ClusterSets¶
Cluster sequences by group
usage: ClusterSets [-h] -s SEQ_FILES [SEQ_FILES ...] [–fasta] [–failed] [–log LOG_FILE] [–delim DELIMITER DELIMITER DELIMITER] [–nproc NPROC] [–outdir OUT_DIR] [–outname OUT_NAME] [–version] [-f BARCODE_FIELD] [-k CLUSTER_FIELD] [–id IDENT] [–start SEQ_START] [–end SEQ_END] [–exec USEARCH_EXEC]
-
-h,--help¶ show this help message and exit
-
-s<seq_files>¶ A list of FASTA/FASTQ files containing sequences to process.
-
--fasta¶ Specify to force output as FASTA rather than FASTQ.
-
--failed¶ If specified create files containing records that fail processing.
-
--log<log_file>¶ Specify to write verbose logging to a file.

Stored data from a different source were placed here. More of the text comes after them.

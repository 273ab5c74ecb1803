//! All notices of a program in one line.

use std::alloc::Global;
use std::fmt::Write as _;
use vcm_num::NoMemory;
use vcm_program::Noticed;

// Lines that follow one another, the first and the last.
#[derive(Clone, Copy)]
struct Span {
    first: u32,
    last: u32,
}

// Appends lines that follow one another.
fn put_span(text: &mut String, span: Span) -> Result<(), NoMemory> {
    let Span { first, last } = span;
    if first == last {
        Ok(write!(text, " {first}")?)
    } else {
        Ok(write!(text, " {first}-{last}")?)
    }
}

// Whether a line is the last one of these, or follows it.
fn goes_on(span: Span, line: u32) -> bool {
    line == span.last || line == span.last.saturating_add(1)
}

// Appends the lines of notices, which come in the order of lines.
fn put_lines(text: &mut String, notices: &[Noticed]) -> Result<(), NoMemory> {
    let Some((first, others)) = notices.split_first() else {
        return Ok(());
    };
    let mut span = Span {
        first: first.line,
        last: first.line,
    };
    for notice in others {
        if goes_on(span, notice.line) {
            span.last = notice.line;
        } else {
            put_span(text, span)?;
            span = Span {
                first: notice.line,
                last: notice.line,
            };
        }
    }
    put_span(text, span)
}

/// All notices of a program in one line, as `notices: 12 statements have no effect, lines 2 4-14`; nothing where there are none.
///
/// # Errors
///
/// Out of memory.
pub fn summary_line(alloc: Global, notices: &[Noticed]) -> Result<String, NoMemory> {
    let mut text = String::new(alloc);
    match notices {
        [] => return Ok(text),
        [_] => text.push_str("notices: 1 statement has no effect, line")?,
        _ => {
            let count = notices.len();
            write!(text, "notices: {count} statements have no effect, lines")?;
        }
    }
    put_lines(&mut text, notices)?;
    text.push_str("\n")?;
    Ok(text)
}
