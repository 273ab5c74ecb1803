//! Texts and bytes of parts and programs that several crates of tests read.

use std::alloc::Global;

/// The bounds and the home of a machine, as a part file begins.
pub const BOUNDS: &str = "low = [-500000, -500000, -500000]
high = [500000, 500000, 500000]
home = [0, 0, 100000]
";

/// One block on the table.
pub const ONE_BLOCK: &str = "[[block]]
low = [10000, 10000, 0]
high = [30000, 30000, 20000]
";

/// A loop that prints three lines, in eight steps: one in the second, the fourth and the sixth.
pub const THREE: &str = "DECL/INTGR,I\nDO/I,1,3,1\nTEXT/OPER,'A'\nENDDO\n";

/// A loop that prints 40 lines, in 82 steps.
pub const FORTY: &str = "DECL/INTGR,I\nDO/I,1,40\nTEXT/OPER,'a line of it'\nENDDO\n";

/// The image of `GOTO/20,20,50` and `ENDFIL`, on the lines 3 and 4.
pub const MOVE: [u8; 62] = [
    0x56, 0x43, 0x4d, 0x49, 1, 0, 0, 0, 0, 0, 0, 0, 2, 0, 0, 0, // the header
    1, 3, 0, 0, 0, // GOTO
    2, 0, 1, 0x14, 0, 0, 0, 0, 0, 0, 0, 0x15, // 20
    2, 0, 1, 0x14, 0, 0, 0, 0, 0, 0, 0, 0x15, // 20
    2, 0, 1, 0x32, 0, 0, 0, 0, 0, 0, 0, 0x15, // 50
    0, 4, 0, 0, 0, // ENDFIL
];

/// These texts one after another, unless memory runs out.
pub fn joined(alloc: Global, texts: &[&str]) -> Option<String> {
    let mut whole = String::new(alloc);
    for text in texts {
        whole.push_str(text).ok()?;
    }
    Some(whole)
}

/// The program with these statements between its head and its end, unless memory runs out.
pub fn program_of(alloc: Global, statements: &str) -> Option<String> {
    joined(
        alloc,
        &["DMISMN/'T'\nUNITS/MM,ANGDEC\n", statements, "ENDFIL\n"],
    )
}

/// The bytes with another one at a place; none where there is no such place, or memory runs out.
pub fn changed(alloc: Global, bytes: &[u8], place: usize, byte: u8) -> Option<Vec<u8>> {
    let mut copy = Vec::from_slice(alloc, bytes).ok()?;
    *copy.get_mut(place)? = byte;
    Some(copy)
}
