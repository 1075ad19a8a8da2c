//! What stands open after a byte of a comment or behind a backslash.

ghost use Rattle.std.specs.Prelude.{◌≡◌};
ghost use Rattle.liberty_text.specs.Scanner.{class_of, slash_at, in_comment, in_continuation};

use crate::class::{Class, class_of};
use crate::scanner::Mode;

/// What stands open after a byte of the comment that begins at `begun`.
pub(crate) fn after_comment_byte(begun: usize, line_before: bool, star: bool, byte: u8) -> Mode
    ensures { result ≡ (in_comment begun line_before star byte).0 }
{
    if byte == b'/' && star {
        Mode::Between { line_before }
    } else {
        Mode::InComment {
            at: begun,
            line_before: line_before || byte == b'\n',
            star: byte == b'*',
        }
    }
}

/// What stands open after a byte behind the backslash at `begun` and blanks.
pub(crate) fn after_continuation_byte(begun: usize, line_before: bool, byte: u8) -> Mode
    ensures { result ≡ (in_continuation begun line_before (class_of byte)).0 }
{
    match class_of(byte) {
        Class::LineEnd => Mode::Between { line_before },
        Class::Blank => Mode::InContinuation {
            at: begun,
            line_before,
        },
        _ => Mode::Stopped { at: begun },
    }
}

/// The offset of a slash, where the byte there is one.
pub(crate) fn slash_at(at: usize, byte: u8) -> Option<usize>
    ensures { result ≡ slash_at at byte }
{
    if byte == b'/' { Some(at) } else { None }
}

May not be specified with multiple input files.
-
--delim<delimiter>¶ A list of the three delimiters that separate annotation blocks, field names and values, and values within a field, respectively.
-
--nproc<nproc>¶ The number of simultaneous computational processes to execute (CPU cores to utilized).
-
--outdir<out_dir>¶ Specify to changes the output directory to the location specified. The input file directory is used if this is not specified.
-
--outname<out_name>¶ Changes the prefix of the successfully processed output file to the string specified. May not be specified with multiple input files.
-
--version¶ show program’s version number and exit
-
-f<barcode_field>¶ The annotation field containing annotations, such as UID barcode, for sequence grouping.
-
-k<cluster_field>¶ The name of the output annotation field to add with the cluster information for each sequence.
-
--id<ident>¶ The sequence identity threshold for the usearch algorithm.
-
--start<seq_start>¶ The start of the region to be used for clustering. Together with –end, this parameter can be used to specify a subsequence of each read to use in the clustering algorithm.
-
--end<seq_end>¶ The end of the region to be used for clustering.
-
--exec<usearch_exec>¶ The location of the USEARCH executable.
- output files:
- cluster-pass
- clustered reads.
- cluster-fail
- raw reads failing clustering.
- output annotation fields:
- CLUSTER
- a numeric cluster identifier defining the within-group cluster.